Ciencias útiles o ciencias positivas son expresiones propias de la Ilustración y el positivismo para referirse a las ciencias que mejor se acomodaban con la idea de progreso dominante en los siglos XVIII y XIX: las matemáticas, la física, la química, la botánica, la mineralogía y, en general las ciencias naturales cuyo método se deriva de la revolución newtoniana, revolución científica del siglo XVII o "ciencia moderna". La expresión era una manera de minusvalorar a las ciencias que no se consideraban útiles, y que coincidían con las que se enseñaban en las universidades de la época,[2]​ ancladas en el escolasticismo. La nueva función del intelectual en la generación y divulgación del conocimiento enfocado a la transformación social y el dominio de la naturaleza, se convirtió en una verdadera revolución intelectual que precedió a la revolución política, y se expresó claramente en el proyecto de los enciclopedistas.
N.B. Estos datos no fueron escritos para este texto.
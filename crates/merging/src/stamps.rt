// The stamps of the merged plan: the later of two, where the second is moved back. Stamps are offset numbers.
ghost use Rattle.std.specs.Prelude.{◌≡◌, false, ◌≤◌, ◌<◌};
ghost use Rattle.base.specs.Filled.{Filled};
ghost use Rattle.definitions.specs.Limits.{stamp_limit, word_half, signed_full, stride};
ghost use Rattle.definitions.specs.Offset.{trop_of};
ghost use Rattle.definitions.specs.Merging.{shift_of, above_zero, early};
ghost use Rattle.records.specs.Decoded.{Near};
ghost use Rattle.records.specs.Stamps.{Stamped};
ghost use Rattle.merging.specs.Plans.{back_by, later_of};
ghost use Rattle.merging.specs.Outcome.{joined, joined_early};

use records::limits::{OFFSET, STAMP_LIMIT, STRIDE};

// The shift, a signed number of 64 bits, is above 0. Public for `merge`, as are the next and the pair.
pub fn is_forward(shift: u64) -> bool
    ensures { result ≡ above_zero (shift_of shift) }
{
    0 < shift.cast_signed()
}

// How many minutes a shift that is not above 0 moves a plan back.
pub fn minutes_back(shift: u64) -> u64
    requires { above_zero (shift_of shift) ≡ false }
    ensures { (back_by result ≡ shift_of shift) × (result ≤ word_half) }
{
    shift.wrapping_neg()
}

// The later of the first stamp and the second moved back is below the least stamp: that is so only where the first is blank.
fn is_early(first: u64, second: u64, back: u64) -> bool
    requires { Near stamp_limit first × Near stamp_limit second × (back ≤ word_half) }
    ensures { result ≡ early (later_of back first second) }
{
    first == 0 && second != 0 && second < back + (OFFSET - STAMP_LIMIT)
}

// The later of the first stamp and the second moved back. A second stamp that would have no offset number any more is the earlier.
fn later_of(first: u64, second: u64, back: u64) -> u64
    requires { Near stamp_limit first × Near stamp_limit second × (back ≤ word_half) × (early (later_of back first second) ≡ false) }
    ensures { (trop_of result ≡ later_of back first second) × (result < signed_full) }
{
    first.max(second.saturating_sub(back))
}

// The stamps of two plans to be merged, and how many minutes the second is moved back.
#[derive(Clone, Copy)]
pub struct Pair<'a> {
    pub first: &'a [u64; STRIDE],
    pub second: &'a [u64; STRIDE],
    pub back: u64,
    pub ghost first_stamps: { Stamped first.now },
    pub ghost second_stamps: { Stamped second.now },
    pub ghost back_most: { back ≤ word_half },
}

impl Pair<'_> {
    // One of the first `count` stamps of the merged plan is below the least stamp.
    pub fn some_early(&self, count: usize) -> bool
        requires { count ≤ stride }
        ensures { result ≡ joined_early self.now.back self.now.first.now self.now.second.now count }
    {
        (0..count).any(|j| is_early(self.first[j], self.second[j], self.back))
    }

    // The first `count` stamps of the merged plan, then blanks, where none is below the least stamp.
    pub fn merged_stamps(&self, count: usize) -> [u64; STRIDE]
        requires { (count ≤ stride) × (joined_early self.now.back self.now.first.now self.now.second.now count ≡ false) }
        ensures { Filled (λ j v. (trop_of v ≡ joined self.now.back self.now.first.now self.now.second.now j) × (v < signed_full)) stride count result }
    {
        let mut out = [0u64; STRIDE];
        for j in 0..count {
            out[j] = later_of(self.first[j], self.second[j], self.back);
        }
        out
    }
}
En la Ilustración española los intentos de reforma universitaria se encontraron con fuertes resistencias, y fueron las Sociedades Económicas de Amigos del País las que protagonizaron la difusión de las ideas favorables a las ciencias útiles. También algunas instituciones militares (Escuela de Guardiamarinas de Cádiz, Academia de Artillería de Segovia, Arma de ingenieros).[3]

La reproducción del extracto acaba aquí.